February 18 was Ash Wednesday and the beginning of the Lenten season.
When I was a child, it was the custom to give something up for Lent, usually candy! As an adult, I remember giving up other “creature comforts” (like TV or dessert) or bad habits (like smoking). Over the years, the emphasis changed from giving up things to doing something, like attending daily Mass during my lunch hour or praying the rosary or reading scripture. I discovered that those Lenten seasons when I did something every day rather than give up something had a more lasting effect on me and my relationship with God.
Since becoming a Lay Carmelite, the 40 days of Lent are more of a retreat than a time of sacrifice and deprivation. Lent has become a time to go into the desert with the Lord. A time to embrace the cross and join him on his journey toward Calvary. A time to reflect on — and intensify the work of — dying to self so that I might live in him. Our Carmelite spirituality has so much to offer us to help us on this journey, not only during Lent, but throughout the whole year: Lectio Divina, the Eucharist, Community, and the Liturgy of the Hours.

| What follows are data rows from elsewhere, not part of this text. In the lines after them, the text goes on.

/// The body of a function with its arguments, where calls may nest this many levels deeper.
#[cycle(eval)]
fn run_call(
    alloc: Global,
    p: &Names<'_>,
    levels: u64,
    name: &Text,
    given: &[Val],
    world: &mut World,
) -> Result<Option<Val>, Halt>
    requires { FitsMemory p.now.shared }
    ensures follows { Follows (effects.calls_to p.now levels name.now given.now world.old) result world.new }
    ensures fuel { world.new.fuel ≤ world.old.fuel }
    ensures stays { stays world.new ≡ stays world.old }
{
    if levels == 0 {
        return Err(Halt::Cause(Cause::TooDeep));
    }
    match p.function(name) {
        None => Ok(None),
        Some(f) => {
            let mut locals = bound(alloc, f.params.as_slice(), given)?;
            let e = statements(alloc, p, levels - 1, f.body.as_slice(), &mut locals, world)?;
            Ok(given_back(e))
        }
    }
}

/// One statement after the other, until one does not end normally.
#[cycle(eval)]
pub fn statements(
    alloc: Global,
    p: &Names<'_>,
    levels: u64,
    all: &[Stmt],
    locals: &mut Items<Local>,
    world: &mut World,
) -> Result<Ending, Halt>
    requires { FitsMemory p.now.shared }
    ensures goes { Goes
        (effects.statements p.now (effects.calls_to p.now levels) effects.nowhere all.now locals.old world.old) result
        locals.new world.new }
    ensures fuel { world.new.fuel ≤ world.old.fuel }
    ensures stays { stays world.new ≡ stays world.old }
{
    for s in all {
        match statement(alloc, p, levels, s, locals, world)? {
            Ending::Normal => {}
            other => return Ok(other),
        }
    }
    Ok(Ending::Normal)
}

/// One statement.
#[cycle(eval)]
pub fn statement(
    alloc: Global,
    p: &Names<'_>,
    levels: u64,
    s: &Stmt,
    locals: &mut Items<Local>,
    world: &mut World,
) -> Result<Ending, Halt>
    requires { FitsMemory p.now.shared }
    ensures goes { Goes
        (effects.effect p.now (effects.calls_to p.now levels) effects.nowhere s.now.form locals.old world.old) result
        locals.new world.new }
    ensures fuel { world.new.fuel ≤ world.old.fuel }
    ensures stays { stays world.new ≡ stays world.old }
{
    match &s.form {
        Form::Return(given) => match given {
            None => Ok(Ending::Return(None)),
            Some(e) => {
                let v = value(alloc, p, levels, locals, e, world)?;
                Ok(Ending::Return(Some(v)))
            }
        },
        Form::CallOf(call) => {
            call_of(alloc, p, levels, locals, call, world)?;
            Ok(Ending::Normal)
        }
        Form::If { arms, last } => choose(alloc, p, levels, arms.as_slice(), last, locals, world),
        Form::While { test, body } => turns(alloc, p, levels, test, body, None, locals, world),
        Form::For {
            first,
            test,
            next,
            body,
        } => {
            let outer = locals.len();
            statement(alloc, p, levels, first.get(), locals, world)?;
            let next = Some(next.get());
            let e = turns(alloc, p, levels, test, body, next, locals, world)?;
            keep(locals, outer);
            Ok(e)
        }
        Form::Break => Ok(Ending::Break),
        Form::Continue => Ok(Ending::Continue),
        Form::Assert(e) => {
            let v = value(alloc, p, levels, locals, e, world)?;
            if truth_in(v) {
                Ok(Ending::Normal)
            } else {
                Err(Halt::Cause(Cause::Assertion))
            }
        }
        Form::Block(body) => block(alloc, p, levels, body, locals, world),
        Form::Declare {
            ty: _,
            name,
            value: e,
        } => {
            let v = value(alloc, p, levels, locals, e, world)?;
            let name = Text::from_slice(alloc, name.text.as_slice())?;
            locals.push(Local { name, value: v })?;
            Ok(Ending::Normal)
        }
        Form::Set { place, value: e } => {
            change(alloc, p, levels, false, place, e, locals, world)?;
            Ok(Ending::Normal)
        }
        Form::AddTo { place, value: e } => {
            change(alloc, p, levels, true, place, e, locals, world)?;
            Ok(Ending::Normal)
        }
        Form::Print(_) | Form::Par(_) => Ok(Ending::Normal),
    }
}

/// Sets a place, or adds to it: first its index is evaluated, then the value.
#[cycle(eval)]
fn change(
    alloc: Global,
    p: &Names<'_>,
    levels: u64,
    adds: bool,
    place: &Place,
    e: &Expr,
    locals: &mut Items<Local>,
    world: &mut World,
) -> Result<(), Halt>
    requires { FitsMemory p.now.shared }
    ensures follows { Sets (changed adds p.now (effects.calls_to p.now levels) locals.old place.now e.now world.old)
        result locals.new world.new }
    ensures fuel { world.new.fuel ≤ world.old.fuel }
    ensures stays { stays world.new ≡ stays world.old }
{
    match &place.index {
        None => {
            let v = value(alloc, p, levels, locals, e, world)?;
            change_name(alloc, p, adds, &place.name.text, v, locals, world)
        }
        Some(i) => {
            let index = value(alloc, p, levels, locals, i.get(), world)?;
            let v = value(alloc, p, levels, locals, e, world)?;
            change_item(p, adds, &place.name.text, index, v, world)
        }
    }
}

/// The first arm whose test is true, else the last block.
#[cycle(eval)]
fn choose(
    alloc: Global,
    p: &Names<'_>,
    levels: u64,
    arms: &[Arm],
    last: &Option<Items<Stmt>>,
    locals: &mut Items<Local>,
    world: &mut World,
) -> Result<Ending, Halt>
    requires { FitsMemory p.now.shared }
    ensures goes { Goes
        (chosen p.now (effects.calls_to p.now levels) effects.nowhere arms.now
        (last_block p.now (effects.calls_to p.now levels) effects.nowhere last.now) locals.old world.old) result
        locals.new world.new }
    ensures fuel { world.new.fuel ≤ world.old.fuel }
    ensures stays { stays world.new ≡ stays world.old }
{
    for arm in arms {
        let v = value(alloc, p, levels, locals, &arm.test, world)?;
        if truth_in(v) {
            return block(alloc, p, levels, &arm.body, locals, world);
        }
    }
    match last {
        None => Ok(Ending::Normal),
        Some(body) => block(alloc, p, levels, body, locals, world),
    }
}

/// Statements with locals of their own.
#[cycle(eval)]
fn block(
    alloc: Global,
    p: &Names<'_>,
    levels: u64,
    body: &Items<Stmt>,
    locals: &mut Items<Local>,
    world: &mut World,
) -> Result<Ending, Halt>
    requires { FitsMemory p.now.shared }
    ensures goes { Goes
        (effects.scoped (effects.statements p.now (effects.calls_to p.now levels) effects.nowhere body.now) locals.old
        world.old) result locals.new world.new }
    ensures fuel { world.new.fuel ≤ world.old.fuel }
    ensures stays { stays world.new ≡ stays world.old }
{
    let outer = locals.len();
    let e = statements(alloc, p, levels, body.as_slice(), locals, world)?;
    keep(locals, outer);
    Ok(e)
}

/// The turns of a loop, which may have a step statement.
#[cycle(eval)]
fn turns(
    alloc: Global,
    p: &Names<'_>,
    levels: u64,
    test: &Expr,
    body: &Items<Stmt>,
    next: Option<&Stmt>,
    locals: &mut Items<Local>,
    world: &mut World,
) -> Result<Ending, Halt>
    requires { FitsMemory p.now.shared }
    ensures goes { Goes
        (effects.loop (λ inner. spec.value_of p.now (effects.calls_to p.now levels) inner test.now)
        (effects.scoped (effects.statements p.now (effects.calls_to p.now levels) effects.nowhere body.now))
        (effects.step_of p.now (effects.calls_to p.now levels) effects.nowhere (option_copied next.entry))
        locals.old world.old) result locals.new world.new }
    ensures fuel { world.new.fuel ≤ world.old.fuel }
    ensures stays { stays world.new ≡ stays world.old }
{
    loop {
        let v = value(alloc, p, levels, locals, test, world)?;
        if !truth_in(v) {
            return Ok(Ending::Normal);
        }
        match block(alloc, p, levels, body, locals, world)? {
            Ending::Break => return Ok(Ending::Normal),
            Ending::Return(v) => return Ok(Ending::Return(v)),
            Ending::Normal | Ending::Continue => {}
        }
        step(alloc, p, levels, next, locals, world)?;
        take_unit(world)?;
    }
}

For Lent this year, in addition to these four “pillars of Carmel,” I'm going to begin each day by attending a program of Lenten readings and reflections at Holy Spirit Church. When I read the following notice on page 5 of the January 25th bulletin1.9MB, I knew this was God whispering an invitation to me to come closer to him:
Please join for daily Lenten readings and reflections with Fr. Mat and Dn. Rigo. It will be held from Monday through Saturday from 6:25 to 6:45 a.m. at the Fireside Room during the entire Lenten season. “The Magnificent Lenten Companion” will be used as a resource and all the participants will get that booklet free. If you participate in this short 20-minute program for 40 days, your life will be forever transformed. No registrations required; just show up.
So this Lent I'll be combining the two penitential customs that are traditional for this season: I'll give something up (that last hour of sleep every morning!) and I'll do something fruitful (spiritual reading and reflection in a community of my fellow Catholics).
What are you doing to make this Lenten season different from “ordinary” time?